The JMB terror threat took center stage in 2005 when the group carried out a series of almost 500 synchronized blasts in 63 of the 64 districts in Bangladesh to support an agenda to do away with democracy and establish Sharia rule. The JMB is vehemently against the idea of democracy in Bangladesh and any regional cooperation between Dhaka and New Delhi. 

While the JMB has not attacked India, the group has been known to provide arms and training to separatist elements operating in northeastern parts of the country. The JMB also has had a long history of cooperating with Lashkar-e-Taiba (LeT) and is even reputed to have ties to al-Qaeda. 

A recent revelation by Assam Chief Minister Tarun Gogoi, is of vital importance. The day after leader Ayman al-Zawahiri’s pronouncement that al-Qaeda has a dedicated South Asia wing, Gogoi revealed how his government had intelligence on al-Qaeda’s attempts to set up a base in the state and how the group had allegedly entered into a "tacit understanding" with the United Liberation Front of Assam (ULFA). 

If validated, these signs certainly wouldn't paint a very positive picture, for India and its neighbors. A resurgent JMB, with LeT and local northeastern separatists, and a ULFA-supported al-Qaeda presence, could create new safe havens for terrorist/insurgent groups across a region comprising Bangladesh and parts of the surrounding Indian border states of Assam and West Bengal. 

The recurring rhetoric for the past few decades has been rising concern over Bangladesh turning into a safe haven for extremist elements looking to target India. However, given recent events in Assam and West Bengal, the government in New Delhi and respective state governments need to have a comprehensive and honest re-examination of the factors that have led to the current situation at the periphery. 

While India claims to have established a closer relationship with Bangladesh on issues related to regional terrorism, facts seem to point in the opposite direction and India at times lacks the necessary will to act on information received from intelligence services across its borders. For instance, four years ago, Bangladesh pushed for the extradition of an alleged terrorist who had been reportedly operating from one of the seven madrassas recently targeted for use by the JMB leadership. 

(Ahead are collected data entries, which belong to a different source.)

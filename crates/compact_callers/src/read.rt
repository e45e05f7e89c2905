//! Values read by way of a `String`, and a writer to either.

use compact_str::CompactString;
use std::alloc::Global;
use std::io::{BufRead, Read};
use std::{fmt, io};

/// Reads a line with its line feed. Returns an empty text at the end.
pub fn next_line<B: BufRead>(alloc: Global, reader: &mut B) -> io::Result<CompactString> {
    let mut line = String::new(alloc);
    reader.read_line(&mut line)?;
    Ok(CompactString::from(line))
}

/// Reads to the end.
pub fn what_is_left<R: Read>(alloc: Global, reader: &mut R) -> io::Result<CompactString> {
    let mut text = String::new(alloc);
    reader.read_to_string(&mut text)?;
    Ok(CompactString::from(text))
}

/// Writes a greeting to a `String` or a value.
pub fn greet<W: fmt::Write>(out: &mut W, name: &str) -> fmt::Result {
    write!(out, "Hello, {name}!")
}
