//! Decoding bytes from outside.
ghost use Rattle.std.specs.Prelude.{◌≡◌, ◌↔◌, ◌≤◌, length, not, filter, IsTrue, IsOk, IfOk};
ghost use Rattle.std.specs.Str.{IsUtf8, is_utf8};
ghost use Rattle.compact_str.specs.Text.{size};
ghost use Rattle.compact_str.specs.Utf8Text.{utf8_lossy_text};

use compact_str::{CompactString, FromUtf8Error, ReserveError};
use std::alloc::Global;

/// Counts the invalid byte strings of a list. One whose allocation fails is not counted.
#[tactic(auto)]
pub fn invalid_count(alloc: Global, rows: &[&[u8]]) -> usize
    ensures { result ≡ length (filter (λ row. not (is_utf8 row.now)) rows.now) }
{
    rows.iter().filter(|row| is_invalid(alloc, **row)).count()
}

/// Returns `true` if the bytes are not valid UTF-8.
#[tactic(auto, using(compact_str::proofs::ForCallers::decoding_facts))]
fn is_invalid(alloc: Global, bytes: &[u8]) -> bool
    ensures { result ≡ not (is_utf8 bytes.now) }
{
    matches!(
        CompactString::from_utf8(alloc, bytes),
        Err(FromUtf8Error::Utf8 { .. })
    )
}

/// Decodes a name, replacing invalid sequences, and returns whether there were any.
#[tactic(auto, using(compact_str::proofs::ForCallers::caller_facts, compact_str::proofs::ForCallers::decoding_facts))]
pub fn decoded_name(alloc: Global, bytes: &[u8]) -> Result<(CompactString, bool), ReserveError>
    ensures text { IfOk result (λ answer. answer.0.text ≡ utf8_lossy_text bytes.now) }
    ensures invalid { IfOk result (λ answer. IsTrue answer.1 ↔ ¬ (IsUtf8 bytes.now)) }
    ensures succeeds { size (utf8_lossy_text bytes.now) ≤ 24 → IsOk result }
{
    match CompactString::from_utf8(alloc, bytes) {
        Ok(name) => Ok((name, false)),
        Err(FromUtf8Error::Reserve(error)) => Err(error),
        Err(FromUtf8Error::Utf8 { .. }) => {
            let name = CompactString::from_utf8_lossy(alloc, bytes)?;
            Ok((name, true))
        }
    }
}

/// Copies a text by way of its bytes; never fails as invalid.
#[tactic(auto, using(compact_str::proofs::ForCallers::caller_facts, compact_str::proofs::ForCallers::decoding_facts))]
pub fn through_bytes(alloc: Global, value: &CompactString) -> Result<CompactString, ReserveError>
    ensures text { IfOk result (λ copy. copy.text ≡ value.now.text) }
    ensures succeeds { size value.now.text ≤ 24 → IsOk result }
{
    match CompactString::from_utf8(alloc, value.as_bytes()) {
        Ok(copy) => Ok(copy),
        Err(FromUtf8Error::Reserve(error)) => Err(error),
        Err(FromUtf8Error::Utf8 { .. }) => unreachable!(),
    }
}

A foreign ministry official had claimed in an unofficial report that the state government at the time was reluctant to help. On another occasion, efforts by then-Indian intelligence services chief K C Verma to get the central government to act on Bangladesh’s request for extradition of a supposed JMB operative failed because then-Home Minister P Chidambaram was unable to coordinate with the West Bengal government. 

A fresh wave of extremism in Bangladesh can dent the still-developing democratic structure of the country, something which is bound to have repercussions for India and New Delhi's efforts for regional safety. In that regard - and in countering the overall menace of terrorism in South Asia - New Delhi needs consciously and seriously to take regional leadership and promote an integrated regional approach. 

Most importantly, that includes a focus on developing the right infrastructure and other socio-economic tools to ensure a conducive and safe social environment for youths and various minorities in the region; successfully countering negative ideologies is a more holistic solution to the prevalent and gravely rising threat of parts of these states turning into terrorist hubs. 

Only a firm hand in dealing with the state governments on these issues, along with greater dialogue, bilateral involvement and trust with Bangladesh over issues of border security and intelligence, and indirectly through supporting democracy, can dispel these imminent internal and regional threats.